▶ [REQUIREMENT]
The output should be limited to the line holding "fn are_books_bounded(books: &[UnitBook])" and the lines after it through the end of the entries, each restated exactly.

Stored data
*** Begin section ***
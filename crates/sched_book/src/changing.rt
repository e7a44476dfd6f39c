//! Making changes to a world.

ghost use Rattle.std.specs.Prelude.{◌≡◌, IfOk, OnOk};
ghost use Rattle.sched_book.specs.Delta.{set_at, set_nth, with_instance, edited_one, edited, applied};
ghost use Rattle.sched_book.specs.Imports.{with_rows};
ghost use Rattle.sched_book.specs.Classes.{with_class};
ghost use Rattle.sched_book.specs.Reports.{modify_nth};

use crate::by_place::copy_of;
use crate::delta::{Delta, Edit, changed_book, classed_book, new_books};
use crate::instance::{Instance, Place, UnitBook};
use crate::rows::Rows;
use crate::world::World;
use std::alloc::Global;
use texts::{Listed, Memory, Text};

/// Puts a row at an index: it replaces the row there, or follows the others.
pub(crate) fn put<T: Drop>(rows: &mut Listed<T>, index: usize, row: T) -> Result<(), Memory>
    ensures { OnOk result (rows.new ≡ set_at rows.old index row) }
{
    if index < rows.len() {
        rows.replace(index, row);
        return Ok(());
    }
    rows.push(row)
}

/// The same, with places that count from 1; at place 0 nothing changes.
fn set_nth<T: Drop>(rows: &mut Listed<T>, place: u32, row: T) -> Result<(), Memory>
    ensures { OnOk result (rows.new ≡ set_nth rows.old place row) }
{
    if place == 0 {
        return Ok(());
    }
    put(rows, place as usize - 1, row)
}

/// Puts an instance at a place. If there is no such workunit, nothing changes.
#[tactic(auto, using(crate::proofs::Changes::changed_nth_steps))]
fn put_instance(books: &mut Listed<UnitBook>, place: Place, row: Instance) -> Result<(), Memory>
    ensures { OnOk result (books.new ≡ modify_nth (with_instance place.number row) books.old place.unit) }
{
    if place.unit == 0 {
        return Ok(());
    }
    let index = place.unit as usize - 1;
    if index >= books.len() {
        return Ok(());
    }
    let book = changed_book(&books.as_slice()[index], place.number, row)?;
    books.replace(index, book);
    Ok(())
}

/// Grants a version of a class for the workunit at a place. If there is no workunit, nothing changes.
#[tactic(auto, using(crate::proofs::Changes::changed_nth_steps))]
fn put_class(books: &mut Listed<UnitBook>, unit: u32, class: &Text) -> Result<(), Memory>
    ensures { OnOk result (books.new ≡ modify_nth (with_class class.now) books.old unit) }
{
    if unit == 0 {
        return Ok(());
    }
    let index = unit as usize - 1;
    if index >= books.len() {
        return Ok(());
    }
    let book = classed_book(&books.as_slice()[index], class)?;
    books.replace(index, book);
    Ok(())
}

/// Makes one edit.
fn make(world: &mut World, edit: &Edit) -> Result<(), Memory>
    ensures { OnOk result (world.new ≡ edited_one world.old edit.now) }
{
    match edit {
        Edit::Host { number, row } => set_nth(&mut world.hosts, *number, copy_of(row)?),
        Edit::Instance { place, row } => put_instance(&mut world.units, *place, copy_of(row)?),
        Edit::Class { unit, class } => put_class(&mut world.units, *unit, class),
    }
}

/// Makes edits in turn.
fn make_all(world: &mut World, edits: &[Edit]) -> Result<(), Memory>
    ensures { OnOk result (world.new ≡ edited world.old edits.now) }
{
    for edit in edits {
        make(world, edit)?;
    }
    Ok(())
}

/// Appends copies of rows. A workunit comes with its first instances.
fn add_rows(alloc: Global, world: &mut World, rows: &Rows) -> Result<(), Memory>
    ensures { OnOk result (world.new ≡ with_rows world.old rows.now) }
{
    match rows {
        Rows::Accounts(accounts) => world.accounts.append(accounts.clone()?)?,
        Rows::Apps(apps) => world.apps.append(apps.clone()?)?,
        Rows::Versions(versions) => world.versions.append(versions.clone()?)?,
        Rows::Workunits(units) => world.units.append(new_books(alloc, units.as_slice())?)?,
    }
    Ok(())
}

/// Returns a copy of a world with these changes made.
pub(crate) fn changed(alloc: Global, world: &World, delta: &Delta) -> Result<World, Memory>
    ensures { IfOk result (λ changed. changed ≡ applied world.now delta.now) }
{
    let mut changed = copy_of(world)?;
    match delta {
        Delta::Rows(rows) => add_rows(alloc, &mut changed, rows)?,
        Delta::Edits(edits) => make_all(&mut changed, edits.as_slice())?,
    }
    Ok(changed)
}
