//! Instants of ISO 8601, and their moments.
#![tactic(auto)]

mod instant;

pub use instant::{moment_in, moment_of};
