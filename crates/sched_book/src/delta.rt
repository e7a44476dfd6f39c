//! Changes of a world: the rows of an import, or the edits of a call or of a tick.

ghost use Rattle.std.specs.Prelude.{◌≡◌, ◌≤◌, ◌↔◌, All, IsTrue, IfOk, length, map, replicate};
ghost use Rattle.sched_book.specs.Settle.{fresh};
ghost use Rattle.sched_book.specs.Limits.{IsBounded};
ghost use Rattle.sched_book.specs.Imports.{new_unit};
ghost use Rattle.sched_book.specs.declared.instance.UnitBook.{UnitBook};
ghost use Rattle.sched_book.specs.Delta.{with_instance};
ghost use Rattle.sched_book.specs.Classes.{with_class};

use crate::by_place::copy_of;
use crate::changing::put;
use crate::instance::{Instance, Place, UnitBook};
use crate::limits::{
    MOST_ACCOUNTS, MOST_APPS, MOST_HOSTS, MOST_INSTANCES, MOST_VERSIONS, MOST_WORKUNITS,
};
use crate::rows::{HostRow, Rows, Workunit};
use crate::world::World;
use std::alloc::Global;
use texts::{Listed, Memory, Text};

/// One edit of a world, which a call or a tick makes.
#[derive(Drop)]
pub enum Edit {
    /// A host put at a number: it replaces the host there, or is the next one.
    Host { number: u32, row: HostRow },
    /// An instance put at a place: it replaces the instance there, or is the next one of its workunit.
    Instance { place: Place, row: Instance },
    /// A version of this class was granted for the workunit at a place. If the workunit is marked, it takes the class
    /// with its first one.
    Class { unit: u32, class: Text },
}

/// Edits in their order; later ones override earlier ones.
pub type Edits = Listed<Edit>;

/// What one message changes in a world.
#[derive(Drop)]
pub enum Delta {
    /// The rows of an import. They follow those of their table. A new workunit comes with its first instances.
    Rows(Rows),
    /// The edits of a call or of a tick.
    Edits(Edits),
}

/// `count` instances that were given to nobody.
pub fn fresh_instances(alloc: Global, count: usize) -> Result<Listed<Instance>, Memory>
    ensures { IfOk result (λ instances. instances ≡ replicate count fresh) }
{
    let mut instances = Listed::new(alloc);
    for _ in 0..count {
        instances.push(Instance::unsent())?;
    }
    Ok(instances)
}

/// A new workunit with its instances.
fn new_book(alloc: Global, unit: &Workunit) -> Result<UnitBook, Memory>
    ensures { IfOk result (λ book. book ≡ new_unit unit.now) }
{
    Ok(UnitBook {
        unit: unit.clone()?,
        instances: fresh_instances(alloc, unit.target_nresults as usize)?,
    })
}

/// New workunits with their instances.
pub(crate) fn new_books(alloc: Global, units: &[Workunit]) -> Result<Listed<UnitBook>, Memory>
    ensures { IfOk result (λ books. books ≡ map new_unit units.now) }
{
    let mut books = Listed::new(alloc);
    for unit in units {
        books.push(new_book(alloc, unit)?)?;
    }
    Ok(books)
}

/// A copy of the workunit with an instance put at a number.
pub(crate) fn changed_book(book: &UnitBook, number: u32, row: Instance) -> Result<UnitBook, Memory>
    ensures { IfOk result (λ changed. changed ≡ with_instance number row book.now) }
{
    let mut changed = book.clone()?;
    put(&mut changed.instances, number as usize, row)?;
    Ok(changed)
}

/// A copy of the workunit after a version of this class was granted for it.
pub(crate) fn classed_book(book: &UnitBook, class: &Text) -> Result<UnitBook, Memory>
    ensures { IfOk result (λ classed. classed ≡ with_class class.now book.now) }
{
    let mut classed = copy_of(book)?;
    classed.unit.class_rule = book.unit.class_rule.after(class)?;
    Ok(classed)
}

fn are_books_bounded(books: &[UnitBook]) -> bool
    ensures { IsTrue result ↔ All (λ (b : UnitBook). length b.instances ≤ MOST_INSTANCES) books.now }
{
    books
        .iter()
        .all(|book| book.instances.len() <= MOST_INSTANCES)
}

/// Whether no list of the world is longer than its table may be.
pub(crate) fn is_bounded(world: &World) -> bool
    ensures { IsTrue result ↔ IsBounded world.now }
{
    world.accounts.len() <= MOST_ACCOUNTS
        && world.apps.len() <= MOST_APPS
        && world.versions.len() <= MOST_VERSIONS
        && world.hosts.len() <= MOST_HOSTS
        && world.units.len() <= MOST_WORKUNITS
        && are_books_bounded(world.units.as_slice())
}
*** End section ***
▶ [EXERCISE RESULT]
fn are_books_bounded(books: &[UnitBook]) -> bool
    ensures { IsTrue result ↔ All (λ (b : UnitBook). length b.instances ≤ MOST_INSTANCES) books.now }
{
    books
        .iter()
        .all(|book| book.instances.len() <= MOST_INSTANCES)
}

/// Whether no list of the world is longer than its table may be.
pub(crate) fn is_bounded(world: &World) -> bool
    ensures { IsTrue result ↔ IsBounded world.now }
{
    world.accounts.len() <= MOST_ACCOUNTS
        && world.apps.len() <= MOST_APPS
        && world.versions.len() <= MOST_VERSIONS
        && world.hosts.len() <= MOST_HOSTS
        && world.units.len() <= MOST_WORKUNITS
        && are_books_bounded(world.units.as_slice())
}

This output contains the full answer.